_Exercise details:_ Print out the entries below with no edits.

#### Input ####

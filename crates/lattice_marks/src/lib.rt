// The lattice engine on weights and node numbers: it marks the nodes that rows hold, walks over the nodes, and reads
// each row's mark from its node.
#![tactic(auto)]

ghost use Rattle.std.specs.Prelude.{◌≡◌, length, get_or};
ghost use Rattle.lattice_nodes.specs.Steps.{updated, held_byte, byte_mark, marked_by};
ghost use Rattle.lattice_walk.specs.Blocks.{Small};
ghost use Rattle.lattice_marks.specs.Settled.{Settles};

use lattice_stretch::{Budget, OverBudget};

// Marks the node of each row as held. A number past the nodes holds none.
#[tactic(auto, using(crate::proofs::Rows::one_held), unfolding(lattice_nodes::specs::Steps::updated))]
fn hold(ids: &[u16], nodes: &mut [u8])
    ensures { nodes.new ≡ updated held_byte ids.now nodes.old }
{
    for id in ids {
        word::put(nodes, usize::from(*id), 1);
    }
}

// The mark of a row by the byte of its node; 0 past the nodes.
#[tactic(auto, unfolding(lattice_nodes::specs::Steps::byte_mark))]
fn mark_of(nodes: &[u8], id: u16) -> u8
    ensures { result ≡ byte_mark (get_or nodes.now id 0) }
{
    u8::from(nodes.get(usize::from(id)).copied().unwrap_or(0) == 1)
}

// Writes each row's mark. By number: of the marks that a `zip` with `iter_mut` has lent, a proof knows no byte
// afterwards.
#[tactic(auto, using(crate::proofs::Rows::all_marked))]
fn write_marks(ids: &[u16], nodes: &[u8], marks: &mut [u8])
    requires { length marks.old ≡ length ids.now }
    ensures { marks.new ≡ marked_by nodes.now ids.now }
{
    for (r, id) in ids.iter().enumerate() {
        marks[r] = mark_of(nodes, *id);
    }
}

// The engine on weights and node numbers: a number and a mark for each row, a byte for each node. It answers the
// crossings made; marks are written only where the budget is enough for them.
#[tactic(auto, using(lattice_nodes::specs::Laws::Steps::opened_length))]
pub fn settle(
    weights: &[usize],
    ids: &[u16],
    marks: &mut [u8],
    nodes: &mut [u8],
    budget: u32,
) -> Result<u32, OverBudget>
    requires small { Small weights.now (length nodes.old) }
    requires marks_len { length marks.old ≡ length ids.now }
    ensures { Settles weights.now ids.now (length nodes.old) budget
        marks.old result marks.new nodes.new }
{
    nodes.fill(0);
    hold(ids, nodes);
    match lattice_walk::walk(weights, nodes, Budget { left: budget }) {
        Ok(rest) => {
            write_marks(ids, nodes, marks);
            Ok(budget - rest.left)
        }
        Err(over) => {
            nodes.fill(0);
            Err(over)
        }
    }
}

####

_Task response:_
filename crates/lattice_marks/src/lib.rt
// The lattice engine on weights and node numbers: it marks the nodes that rows hold, walks over the nodes, and reads
// each row's mark from its node.
#![tactic(auto)]

ghost use Rattle.std.specs.Prelude.{◌≡◌, length, get_or};
ghost use Rattle.lattice_nodes.specs.Steps.{updated, held_byte, byte_mark, marked_by};
ghost use Rattle.lattice_walk.specs.Blocks.{Small};
ghost use Rattle.lattice_marks.specs.Settled.{Settles};

use lattice_stretch::{Budget, OverBudget};

// Marks the node of each row as held. A number past the nodes holds none.
#[tactic(auto, using(crate::proofs::Rows::one_held), unfolding(lattice_nodes::specs::Steps::updated))]
fn hold(ids: &[u16], nodes: &mut [u8])
    ensures { nodes.new ≡ updated held_byte ids.now nodes.old }
{
    for id in ids {
        word::put(nodes, usize::from(*id), 1);
    }
}

// The mark of a row by the byte of its node; 0 past the nodes.
#[tactic(auto, unfolding(lattice_nodes::specs::Steps::byte_mark))]
fn mark_of(nodes: &[u8], id: u16) -> u8
    ensures { result ≡ byte_mark (get_or nodes.now id 0) }
{
    u8::from(nodes.get(usize::from(id)).copied().unwrap_or(0) == 1)
}

// Writes each row's mark. By number: of the marks that a `zip` with `iter_mut` has lent, a proof knows no byte
// afterwards.
#[tactic(auto, using(crate::proofs::Rows::all_marked))]
fn write_marks(ids: &[u16], nodes: &[u8], marks: &mut [u8])
    requires { length marks.old ≡ length ids.now }
    ensures { marks.new ≡ marked_by nodes.now ids.now }
{
    for (r, id) in ids.iter().enumerate() {
        marks[r] = mark_of(nodes, *id);
    }
}

// The engine on weights and node numbers: a number and a mark for each row, a byte for each node. It answers the
// crossings made; marks are written only where the budget is enough for them.
#[tactic(auto, using(lattice_nodes::specs::Laws::Steps::opened_length))]
pub fn settle(
    weights: &[usize],
    ids: &[u16],
    marks: &mut [u8],
    nodes: &mut [u8],
    budget: u32,
) -> Result<u32, OverBudget>
    requires small { Small weights.now (length nodes.old) }
    requires marks_len { length marks.old ≡ length ids.now }
    ensures { Settles weights.now ids.now (length nodes.old) budget
        marks.old result marks.new nodes.new }
{
    nodes.fill(0);
    hold(ids, nodes);
    match lattice_walk::walk(weights, nodes, Budget { left: budget }) {
        Ok(rest) => {
            write_marks(ids, nodes, marks);
            Ok(budget - rest.left)
        }
        Err(over) => {
            nodes.fill(0);
            Err(over)
        }
    }
}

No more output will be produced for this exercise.